Given the lack of global equity in the accessibility of these lifesaving drugs, HIV/AIDS continues, exacting a terrible toll in morbidity and mortality, 41 years after it was first recognized, he added.

During his tenure as NIAID director, Fauci said they were challenged with the emergence or reemergence of numerous infectious diseases with varying degrees of regional or global impact. 

“Included among these were the first known human cases of H5N1 and H7N9 influenza; the first pandemic of the 21st century (in 2009) caused by H1N1 influenza; multiple outbreaks of Ebola in Africa; Zika in the Americas; severe acute respiratory syndrome (SARS) caused by a novel coronavirus; Middle East respiratory syndrome (MERS) caused by another emergent coronavirus; and of course Covid-19, the loudest wake-up call in more than a century to our vulnerability to outbreaks of emerging infectious diseases,” Fauci wrote.
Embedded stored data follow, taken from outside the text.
ghost use Rattle.std.specs.Prelude.{ℕ, Contains, IfOk};
ghost use Rattle.hot_units.specs.Keys.{IsCell};
ghost use Rattle.branch_merge.specs.Tops.{AreTops};
ghost use Rattle.branch_merge.specs.Merged.{AreCells, Gains, HasAbove};

use crate::Listed;
use hot_units::covers;
use morton_key::parent;
use std::alloc::{AllocError, Global};

/// The root: nothing is above it.
const ROOT: u64 = 1;

/// Adds the keys of the cells above a cell, from its parent up to the first that is also above a
/// cell for which they have been added.
fn add_above(keys: &mut Vec<u64>, cell: u64, before: u64) -> Result<(), AllocError>
    requires cell { IsCell cell }
    requires before { IsCell before }
    requires added { HasAbove keys.old.items before }
    ensures gains { IfOk result (λ _. Gains keys.old.items keys.new.items cell) }
{
    let mut below = cell;
    while let Some(above) = parent(below) {
        if above != before && covers(above, before) {
            return Ok(());
        }
        keys.push(above)?;
        below = above;
    }
    Ok(())
}

/// The keys of the cells above the listed ones, ascending. In Morton order each is added but once.
pub(crate) fn keys_above(alloc: Global, listed: &[Listed]) -> Result<Vec<u64>, AllocError>
    ensures tops { IfOk result (λ v. AreTops listed.now v.items) }
    ensures cells { IfOk result (λ _. AreCells listed.now) }
{
    let mut keys = Vec::new(alloc);
    let mut before = ROOT;
    for x in listed {
        let rec = &x.rec;
        add_above(&mut keys, rec.key, before)?;
        before = rec.key;
    }
    keys.sort_unstable();
    keys.dedup();
    Ok(keys)
}
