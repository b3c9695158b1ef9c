ghost use Rattle.std.specs.Prelude.{◌≡◌, All, Contains, MatchOption};
ghost use Rattle.std.specs.List.Sorted.{IsNonDecreasingBy};
ghost use Rattle.branch_merge.specs.Merged.{key_of_top};

use crate::TopCell;

/// The top cell of a key in a list by ascending key; None exactly where it does not stand there. A
/// binary search.
pub(crate) fn find(cells: &[TopCell], key: u64) -> Option<&TopCell>
    requires order { IsNonDecreasingBy key_of_top cells.now }
    ensures found { MatchOption result (All (λ c. c.rec.key ≡ key → ⊥) cells.now)
        (λ c. (c.now.rec.key ≡ key) × Contains cells.now c.now) }
{
    let mut low = 0;
    let mut high = cells.len();
    while low < high {
        let middle = low + (high - low) / 2;
        let rec = &cells[middle].rec;
        if rec.key < key {
            low = middle + 1;
        } else {
            high = middle;
        }
    }
    if low == cells.len() {
        return None;
    }
    let cell = &cells[low];
    let rec = &cell.rec;
    if rec.key == key { Some(cell) } else { None }
}
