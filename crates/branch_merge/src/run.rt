ghost use Rattle.std.specs.Prelude.{◌≡◌, ◌≤◌, length, filter, slice_range};
ghost use Rattle.hot_units.specs.Keys.{IsCell};
ghost use Rattle.hot_units.specs.Keys as keys;
ghost use Rattle.branch_merge.specs.Merged.{AreInOrder, AreSorted, NoneAbove, IsCountTo};

use crate::Listed;
use morton_key::{first_key, last_key};

/// How many listed records in Morton order have a first key of at most this one: a binary search.
pub(crate) fn count_to(listed: &[Listed], key: u64) -> usize
    requires order { AreInOrder listed.now }
    ensures value { IsCountTo listed.now key result }
{
    let mut low = 0;
    let mut high = listed.len();
    while low < high {
        let middle = low + (high - low) / 2;
        let rec = &listed[middle].rec;
        if first_key(rec.key) <= key {
            low = middle + 1;
        } else {
            high = middle;
        }
    }
    low
}

/// The places from and to (exclusive) of the listed records in a cell that is in none of them.
pub(crate) fn run(listed: &[Listed], cell: u64) -> (usize, usize)
    requires sorted { AreSorted listed.now }
    requires cell { IsCell cell }
    requires outside { NoneAbove listed.now cell }
    ensures covered { filter (λ x. keys.covers cell x.rec.key) listed.now
        ≡ slice_range listed.now result.0 result.1 }
    ensures ascending { result.0 ≤ result.1 }
    ensures within { result.1 ≤ length listed.now }
{
    let from = count_to(listed, first_key(cell) - 1);
    let to = count_to(listed, last_key(cell));
    (from, to)
}
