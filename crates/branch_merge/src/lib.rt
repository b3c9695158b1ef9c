//! The shared top of the tree: from the branch lists of all ranks the cells above them, their
//! records over all bodies, their children, and the owner of each branch (Warren and Salmon, 1993).
#![tactic(auto)]

mod above;
mod find;
mod laws;
mod listed;
mod order;
mod run;
mod top;
mod top_cell;

pub use laws::{bodies_have_one_branch, merged_is_true, true_lists_merge};
pub use listed::{Listed, gathered};
pub use top::Top;
pub use top_cell::TopCell;
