ghost use Rattle.std.specs.Prelude.{◌≡◌, ◌<◌, IfOk};
ghost use Rattle.hot_units.specs.Limits.{max_level};
ghost use Rattle.hot_units.specs.Keys.{IsCell};
ghost use Rattle.hot_units.specs.Keys as keys;
ghost use Rattle.branch_merge.specs.Listing.{AreApart};
ghost use Rattle.branch_merge.specs.Tops as tops;
ghost use Rattle.branch_merge.specs.Merged.{AreInOrder, AreSorted, AreBelow, AreLight, IsMerged};
ghost use Rattle.branch_merge.specs.Merged.{sums_of};

use crate::Listed;
use crate::above::keys_above;
use crate::run::run;
use arrayvec::ArrayVec;
use hot_model::CellRec;
use std::alloc::{AllocError, Global};

/// A cell that properly contains listed ones: its record, the sum of theirs, and the keys of its
/// children that have listed records in them, by ascending key. Of the branch lists of all ranks
/// these are the cells with bodies of two or more ranks, with their records over all bodies, and
/// each child is such a cell or a branch.
#[derive(Drop)]
pub struct TopCell {
    pub rec: CellRec,
    pub children: ArrayVec<u64, 8>,
}

/// The record of a cell that is made of these records.
fn added_up(cell: u64, own: &[Listed]) -> CellRec
    requires cell { IsCell cell }
    requires light { AreLight own.now }
    requires below { AreBelow cell own.now }
    ensures value { result ≡ sums_of cell own.now }
{
    let mut rec = moments::empty(cell);
    for x in own {
        moments::add(&mut rec, &x.rec);
    }
    rec
}

/// The children of a top cell that have listed records in them, given the records in the cell.
fn children(cell: u64, own: &[Listed]) -> ArrayVec<u64, 8>
    requires sorted { AreSorted own.now }
    requires below { AreBelow cell own.now }
    requires cell { IsCell cell }
    requires upper { keys.level cell < max_level }
    ensures value { result.items ≡ tops.children_of own.now cell }
{
    let mut children = ArrayVec::new();
    for digit in 0..8u64 {
        let child = 8 * cell + digit;
        let (from, to) = run(own, child);
        if from < to {
            children.push(child);
        }
    }
    children
}

/// A top cell with its record and children.
fn top_cell(listed: &[Listed], cell: u64) -> TopCell
    requires sorted { AreSorted listed.now }
    requires apart { AreApart listed.now }
    requires light { AreLight listed.now }
    requires top { tops.IsTopOf listed.now cell }
    ensures value { tops.IsTopCell listed.now cell result }
{
    let (from, to) = run(listed, cell);
    let own = &listed[from..to];
    TopCell {
        rec: added_up(cell, own),
        children: children(cell, own),
    }
}

/// All cells above listed records in Morton order, by ascending key.
pub(crate) fn top_cells(alloc: Global, listed: &[Listed]) -> Result<Vec<TopCell>, AllocError>
    requires order { AreInOrder listed.now }
    requires apart { AreApart listed.now }
    requires light { AreLight listed.now }
    ensures merged { IfOk result (λ v. IsMerged listed.now v.items) }
{
    let keys = keys_above(alloc, listed)?;
    let mut cells = Vec::with_capacity(alloc, keys.len())?;
    for key in &keys {
        cells.push(top_cell(listed, *key))?;
    }
    Ok(cells)
}
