// A terminal that keeps its state in a store while the power is cut: images, days with power cuts in specs/, the theorems in proofs/.
// No code: the theorems are of any calls that meet the contracts, and of any program that stores as crate `store` says.
#![tactic(auto)]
“The devastation that Covid-19 has inflicted globally is truly historic and highlights the world’s overall lack of public health preparedness for an outbreak of this magnitude,” he wrote. 

However, he added,  one highly successful element of the response to Covid-19, was the rapid development-enabled by years of investment in basic and applied research-of highly adaptable vaccine platforms such as mRNA  and the use of structural biology tools to design vaccine immunogens.

“The unprecedented speed with which safe and highly effective Covid-19 vaccines were developed, proven effective, and distributed resulted in millions of lives saved.”